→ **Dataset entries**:

=====

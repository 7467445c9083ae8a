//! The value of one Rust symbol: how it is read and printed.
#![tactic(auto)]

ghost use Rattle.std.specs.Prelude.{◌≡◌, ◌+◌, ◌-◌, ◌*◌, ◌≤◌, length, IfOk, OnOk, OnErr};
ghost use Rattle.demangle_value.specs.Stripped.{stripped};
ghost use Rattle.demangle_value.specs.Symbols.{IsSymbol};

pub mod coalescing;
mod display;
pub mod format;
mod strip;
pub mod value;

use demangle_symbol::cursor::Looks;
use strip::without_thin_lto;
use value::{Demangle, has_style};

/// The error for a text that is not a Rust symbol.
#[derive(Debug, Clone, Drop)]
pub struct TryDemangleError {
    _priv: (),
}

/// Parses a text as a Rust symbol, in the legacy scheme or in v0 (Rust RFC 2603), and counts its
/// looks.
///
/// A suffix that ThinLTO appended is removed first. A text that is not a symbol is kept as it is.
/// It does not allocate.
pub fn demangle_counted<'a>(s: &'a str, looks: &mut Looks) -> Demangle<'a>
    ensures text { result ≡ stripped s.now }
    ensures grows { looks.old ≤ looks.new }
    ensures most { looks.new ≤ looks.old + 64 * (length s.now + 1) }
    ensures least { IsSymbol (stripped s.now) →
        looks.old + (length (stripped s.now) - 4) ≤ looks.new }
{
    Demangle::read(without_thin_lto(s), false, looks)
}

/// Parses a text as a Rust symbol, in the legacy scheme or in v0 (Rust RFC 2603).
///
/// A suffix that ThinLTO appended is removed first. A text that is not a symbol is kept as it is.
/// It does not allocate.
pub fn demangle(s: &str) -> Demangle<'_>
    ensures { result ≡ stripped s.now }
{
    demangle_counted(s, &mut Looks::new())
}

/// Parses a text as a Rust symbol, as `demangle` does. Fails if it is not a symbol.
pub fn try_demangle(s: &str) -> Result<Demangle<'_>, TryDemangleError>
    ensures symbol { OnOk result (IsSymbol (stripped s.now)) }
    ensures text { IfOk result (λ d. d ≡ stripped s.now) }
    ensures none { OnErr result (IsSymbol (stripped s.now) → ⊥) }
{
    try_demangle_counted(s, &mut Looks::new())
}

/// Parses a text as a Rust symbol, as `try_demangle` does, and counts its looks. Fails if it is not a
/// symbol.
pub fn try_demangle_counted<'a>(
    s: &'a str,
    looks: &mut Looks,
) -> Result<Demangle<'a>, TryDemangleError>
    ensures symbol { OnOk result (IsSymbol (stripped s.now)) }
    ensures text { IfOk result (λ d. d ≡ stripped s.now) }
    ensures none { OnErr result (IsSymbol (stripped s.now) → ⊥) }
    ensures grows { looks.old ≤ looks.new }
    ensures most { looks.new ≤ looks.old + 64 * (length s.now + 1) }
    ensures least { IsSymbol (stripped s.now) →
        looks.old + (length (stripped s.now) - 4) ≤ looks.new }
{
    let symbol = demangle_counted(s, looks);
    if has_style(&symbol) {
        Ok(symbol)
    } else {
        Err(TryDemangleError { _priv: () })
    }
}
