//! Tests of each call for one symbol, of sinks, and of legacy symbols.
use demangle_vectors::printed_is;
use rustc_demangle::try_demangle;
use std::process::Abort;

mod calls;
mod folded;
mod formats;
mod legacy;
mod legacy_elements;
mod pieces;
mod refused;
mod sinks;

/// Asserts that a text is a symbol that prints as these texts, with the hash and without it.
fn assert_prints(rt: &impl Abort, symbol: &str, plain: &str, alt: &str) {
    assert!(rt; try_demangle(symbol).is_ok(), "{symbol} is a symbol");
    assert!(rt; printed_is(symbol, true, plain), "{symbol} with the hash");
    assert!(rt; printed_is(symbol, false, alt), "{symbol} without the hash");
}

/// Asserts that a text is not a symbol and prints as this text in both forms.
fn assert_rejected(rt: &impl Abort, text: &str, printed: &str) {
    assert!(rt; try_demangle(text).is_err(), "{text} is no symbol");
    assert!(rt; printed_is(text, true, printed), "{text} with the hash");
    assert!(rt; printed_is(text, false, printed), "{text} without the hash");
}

=====

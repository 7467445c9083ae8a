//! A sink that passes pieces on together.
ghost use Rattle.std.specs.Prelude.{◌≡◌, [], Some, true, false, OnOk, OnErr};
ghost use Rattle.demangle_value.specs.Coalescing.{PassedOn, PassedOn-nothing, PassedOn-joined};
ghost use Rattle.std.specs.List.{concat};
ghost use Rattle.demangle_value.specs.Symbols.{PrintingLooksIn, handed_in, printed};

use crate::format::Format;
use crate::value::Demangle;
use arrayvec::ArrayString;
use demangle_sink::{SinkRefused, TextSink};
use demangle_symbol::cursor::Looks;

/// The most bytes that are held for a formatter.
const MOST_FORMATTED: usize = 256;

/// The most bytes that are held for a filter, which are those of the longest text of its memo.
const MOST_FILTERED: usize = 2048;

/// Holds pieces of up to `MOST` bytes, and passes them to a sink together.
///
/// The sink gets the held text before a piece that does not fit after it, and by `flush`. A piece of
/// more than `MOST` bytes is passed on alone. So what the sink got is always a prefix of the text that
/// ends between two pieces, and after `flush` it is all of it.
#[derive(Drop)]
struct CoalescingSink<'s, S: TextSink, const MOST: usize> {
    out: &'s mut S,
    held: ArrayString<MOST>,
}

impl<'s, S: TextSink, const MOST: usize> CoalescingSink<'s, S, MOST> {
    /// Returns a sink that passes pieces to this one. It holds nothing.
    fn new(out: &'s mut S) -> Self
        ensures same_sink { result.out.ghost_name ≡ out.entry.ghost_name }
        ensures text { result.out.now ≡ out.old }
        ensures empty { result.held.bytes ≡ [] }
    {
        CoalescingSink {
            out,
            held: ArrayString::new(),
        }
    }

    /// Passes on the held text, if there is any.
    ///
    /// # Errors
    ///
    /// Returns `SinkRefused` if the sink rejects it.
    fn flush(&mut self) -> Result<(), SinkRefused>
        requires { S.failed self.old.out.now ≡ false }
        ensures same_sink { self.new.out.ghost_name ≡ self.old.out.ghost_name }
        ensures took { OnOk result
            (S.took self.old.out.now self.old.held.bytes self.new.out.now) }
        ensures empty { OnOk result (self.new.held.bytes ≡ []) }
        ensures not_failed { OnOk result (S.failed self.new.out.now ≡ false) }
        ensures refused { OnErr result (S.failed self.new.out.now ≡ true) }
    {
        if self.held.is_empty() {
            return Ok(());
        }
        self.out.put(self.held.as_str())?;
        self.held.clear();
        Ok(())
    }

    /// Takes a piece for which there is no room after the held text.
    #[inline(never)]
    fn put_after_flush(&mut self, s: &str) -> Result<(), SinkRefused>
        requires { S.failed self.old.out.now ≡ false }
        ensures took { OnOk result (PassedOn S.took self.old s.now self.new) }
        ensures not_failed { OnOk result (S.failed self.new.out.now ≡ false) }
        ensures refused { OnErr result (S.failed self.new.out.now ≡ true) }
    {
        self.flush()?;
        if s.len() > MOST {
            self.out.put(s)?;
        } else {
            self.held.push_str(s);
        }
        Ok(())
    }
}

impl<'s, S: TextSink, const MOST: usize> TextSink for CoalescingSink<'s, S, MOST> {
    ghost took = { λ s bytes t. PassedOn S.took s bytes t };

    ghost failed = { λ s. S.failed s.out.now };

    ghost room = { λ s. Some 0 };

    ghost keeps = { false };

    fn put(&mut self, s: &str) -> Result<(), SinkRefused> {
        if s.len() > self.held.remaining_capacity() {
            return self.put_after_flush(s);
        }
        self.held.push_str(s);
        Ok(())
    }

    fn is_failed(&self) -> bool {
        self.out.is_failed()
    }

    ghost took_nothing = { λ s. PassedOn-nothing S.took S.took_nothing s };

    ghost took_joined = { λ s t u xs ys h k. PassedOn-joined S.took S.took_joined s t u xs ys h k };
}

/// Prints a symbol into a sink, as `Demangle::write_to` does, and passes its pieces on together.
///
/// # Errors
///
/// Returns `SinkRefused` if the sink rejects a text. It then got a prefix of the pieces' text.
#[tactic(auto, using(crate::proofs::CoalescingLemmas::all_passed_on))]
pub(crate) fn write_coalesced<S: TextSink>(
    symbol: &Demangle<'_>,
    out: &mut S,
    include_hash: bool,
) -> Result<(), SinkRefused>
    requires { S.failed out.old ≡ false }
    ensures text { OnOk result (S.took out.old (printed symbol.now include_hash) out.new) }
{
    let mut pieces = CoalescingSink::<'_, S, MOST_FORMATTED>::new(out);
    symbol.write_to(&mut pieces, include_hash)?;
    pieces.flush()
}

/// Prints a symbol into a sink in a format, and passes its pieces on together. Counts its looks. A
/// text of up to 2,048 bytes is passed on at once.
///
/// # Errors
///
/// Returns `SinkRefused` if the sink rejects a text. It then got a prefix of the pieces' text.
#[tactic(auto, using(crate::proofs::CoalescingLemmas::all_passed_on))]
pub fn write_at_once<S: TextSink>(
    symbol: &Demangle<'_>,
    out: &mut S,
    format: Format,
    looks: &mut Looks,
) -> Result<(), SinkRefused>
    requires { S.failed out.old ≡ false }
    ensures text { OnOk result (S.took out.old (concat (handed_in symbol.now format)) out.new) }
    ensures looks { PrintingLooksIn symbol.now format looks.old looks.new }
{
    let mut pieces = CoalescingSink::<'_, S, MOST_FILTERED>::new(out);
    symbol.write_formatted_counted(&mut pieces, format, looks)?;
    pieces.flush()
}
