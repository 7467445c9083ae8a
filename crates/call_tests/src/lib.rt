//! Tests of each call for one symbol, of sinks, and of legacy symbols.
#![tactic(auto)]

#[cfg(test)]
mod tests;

=====

→ **INSTRUCTIONS TO FOLLOW**: Look above for the line holding "for a formatter." and the line holding "result.out.now ≡ out.old", then output exactly those two lines and every line between them, nothing more.

→ **REPLY**:
/// The most bytes that are held for a formatter.
const MOST_FORMATTED: usize = 256;

/// The most bytes that are held for a filter, which are those of the longest text of its memo.
const MOST_FILTERED: usize = 2048;

/// Holds pieces of up to `MOST` bytes, and passes them to a sink together.
///
/// The sink gets the held text before a piece that does not fit after it, and by `flush`. A piece of
/// more than `MOST` bytes is passed on alone. So what the sink got is always a prefix of the text that
/// ends between two pieces, and after `flush` it is all of it.
#[derive(Drop)]
struct CoalescingSink<'s, S: TextSink, const MOST: usize> {
    out: &'s mut S,
    held: ArrayString<MOST>,
}

impl<'s, S: TextSink, const MOST: usize> CoalescingSink<'s, S, MOST> {
    /// Returns a sink that passes pieces to this one. It holds nothing.
    fn new(out: &'s mut S) -> Self
        ensures same_sink { result.out.ghost_name ≡ out.entry.ghost_name }
        ensures text { result.out.now ≡ out.old }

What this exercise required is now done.